# upgrading 24v kids jeep



## kakawak (Apr 27, 2014)

hi guys,

first of all hello to everyone and for those who help with the upkeep of forums in general 

this is my first post and no doubt this might have been covered numerous times but can someone point me in the right direction of upgrading a kids 24v jeep.

i purchased a 2nd hand 24v jeep exactly like this...
http://www.ebay.co.uk/itm/Land-Rove...or_Toys_Bikes_Ride_Ons_LE&hash=item4ad4365410

i would appreciate it if someone can advise and tell me what to buy in order to upgrade from 24v to 36v. the reason being is that this jeep has no power even to manage up a slight gradient.

can you tell me which wires and connectors along with proper batteries to buy.

thanks for your time

cammy


----------



## kakawak (Apr 27, 2014)

i guess i was expecting some sort of reply for something that might be simplistic to other members who have alot of experience with upgrades....

does anyone know how to go about this?

cheers


----------



## ken will (Dec 19, 2009)

If you think the motor can handle more power,..you can replace the controller with one of these: http://electricscooterparts.com/speedcontrollers36volt.html


----------



## tchapin (Feb 2, 2011)

check out this link for power wheels (start out at 12v) mods. this guy might have some ideas.
http://perfauto.tripod.com/powerwheels.html

this forum i'm sure could help you out.
http://forum.modifiedpowerwheels.com/

I had a lot of fun messing with power wheels jeeps. I had one that would go close to 15mph and power slide like mad on those big old plastic tires.

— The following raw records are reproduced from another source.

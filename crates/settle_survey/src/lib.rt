// Before a line is written: whether every needed minute has a reading, and how many segments there are.
#![tactic(auto)]

ghost use Rattle.std.specs.Prelude.{◌≡◌, ◌+◌, ◌*◌, ◌≤◌, ◌<◌, length};
ghost use Rattle.energy.specs.Lists.{all, between};
ghost use Rattle.rules.specs.Cuts.{touched as touched_of};
ghost use Rattle.settle_survey.specs.Survey.{Surveyable, SurveyableAt, Termed, has, survey_of, survey_to};

use book_memory::holds_reading;
use commands::entries::Instruction;
use energy::units::Minutes;
use settle_terms::Terms;
use settle_terms::minutes::{cell_of, place_of};
use settle_terms::times::base_from;

// Of the instructions so far: whether all their readings are there, and the number of their segments. Both hold of any readings: no half is an answer.
#[derive(Clone, Copy)]
pub struct Survey {
    pub complete: bool,
    pub count: usize,
}

// Whether each cell from `from` to `to` - 1 holds a reading. It looks at all of them, so that the compiler tests several cells at a time.
fn all_read(meter: &[i32], from: usize, to: usize) -> bool
    requires { (from ≤ to) × (to ≤ length meter.now) }
    ensures { result ≡ all (has meter.now) (between from to) }
{
    let mut ok = true;
    for x in &meter[from..to] {
        ok &= holds_reading(*x);
    }
    ok
}

// The periods that the minutes from a to b - 1 touch.
#[tactic(auto, unfolding(rules::specs::Cuts::touched))]
fn touched(a: Minutes, b: Minutes) -> usize
    ensures { (result ≡ touched_of a.0 b.0) × (result ≤ 1000000) }
{
    if a < b {
        place_of(Minutes(b.0 - 1)) - place_of(a) + 1
    } else {
        0
    }
}

// The survey with one instruction more.
#[tactic(auto, unfolding(crate::specs::Survey::survey_of))]
fn surveyed(t: Terms, meter: &[i32], x: Instruction, s: Survey) -> Survey
    requires terms { Termed t }
    requires instruction { SurveyableAt t meter.now x }
    requires count { s.count ≤ 3000000 * 64 }
    ensures { (result ≡ survey_of t meter.now x s) × (result.count ≤ s.count + 3000000) }
{
    let expiry = t.expiry(x);
    let start = t.start(x);
    let end = t.end(x);
    let base = all_read(meter, base_from(x.issue), cell_of(x.issue) + 1);
    let active = all_read(meter, cell_of(start), cell_of(end));
    let n = touched(start, expiry) + touched(expiry, x.cease) + touched(x.cease, end);
    Survey {
        complete: s.complete & (base & active),
        count: s.count + n,
    }
}

// The survey of all instructions.
pub fn survey_all(t: Terms, instructions: &[Instruction], meter: &[i32]) -> Survey
    requires { Surveyable t instructions.now meter.now }
    ensures { result ≡ survey_to t instructions.now meter.now (length instructions.now) }
{
    let mut s = Survey {
        complete: true,
        count: 0,
    };
    for x in instructions {
        s = surveyed(t, meter, *x, s);
    }
    s
}
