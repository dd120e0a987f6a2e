// What Edit answers and leaves in its result slice, and the laws of it: no code.
#![tactic(auto)]
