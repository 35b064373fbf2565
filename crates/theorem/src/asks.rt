//! What is asked of a disk in a story, and what is seen.

use board_model::{Command, Durable, Refusal};
use disk::ArmedFault;
use hart::Hart;
use ram::Ram;
use simdisk::Fill;
use store::{Receipt, Resumption};

/// What is asked of a disk.
#[derive(Drop)]
pub enum Asked {
    /// It is opened. A life that was going on ends.
    Open,
    /// This command is issued.
    Command(Command),
    /// This memory is suspended, to be resumed there.
    Suspend(Ram, Resumption),
    /// The memory of the image that stands is read.
    Load,
    /// A board goes on with the image that stands.
    Resume,
    /// This fault is armed, in place of an older one.
    Arm(ArmedFault),
    /// Power fails, and leaves this.
    Cut(Fill),
}

/// What is seen then.
#[derive(Drop)]
pub enum Seen {
    /// The open told this state.
    Opened(Durable),
    /// The command or the suspension was acknowledged.
    Acked(Receipt),
    /// This memory was read.
    Read(Ram),
    /// A board goes on: its one STARTED hart, and its memory.
    Woke(Hart, Ram),
    /// The call was refused. A command that was refused `Down` is in doubt.
    Denied(Refusal),
    /// No store is open, and nothing was done.
    NotOpen,
    /// It is armed, or power failed.
    Done,
}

My kids had a ball on them till they got to big to fit in them.


----------



## kakawak (Apr 27, 2014)

thank you for the link suggested. i will try and get some more info on this subject.

cheers

cammy


----------



## kakawak (Apr 27, 2014)

hi guys,

im having problems with upgrading 24v to 36v. if 36v fails i would like 24v with the series setup so i can make the jeep go faster.

i think it might be the wiring thats causing the main problem. now having seen videos on youtube where people upgrade from 12v to 24v it seems alot faster than my current untouched 24v jeep.

when i tried to copy this setup on youtube using a series connection it didnt work! im obviously doing something wrong :/
the initial setup (i think) is parallel but when i tried series it doesnt work!

http://s388.photobucket.com/user/kakawak/slideshow/photo


please scroll through photos 

cheers

cameron


----------



## piotrsko (Dec 9, 2007)

First thing you need more amps than the current batteries will provide. I doubt if you are getting more than 20 volts under load. So bigger batteries or different chemistry. 20 years ago I installed a group 24 car battery in my kids barbie jeep and his would smoke the neighbors stock jeep for 8 full hours while they had to recharge a couple of times. You should be able to do 36 volts if there are no electronic modules on the throttle pedals. In the olden days throttle was a 2 position switch with a big series resistor. A hobby shop big BRUSHED motor controller and a servo tester could allow you to run up to 48 volts with full motor control but it will need a heat sink


----------



## Imran520 (Mar 21, 2017)

looking good but what is the price of this jeep now? I want to buy.


----------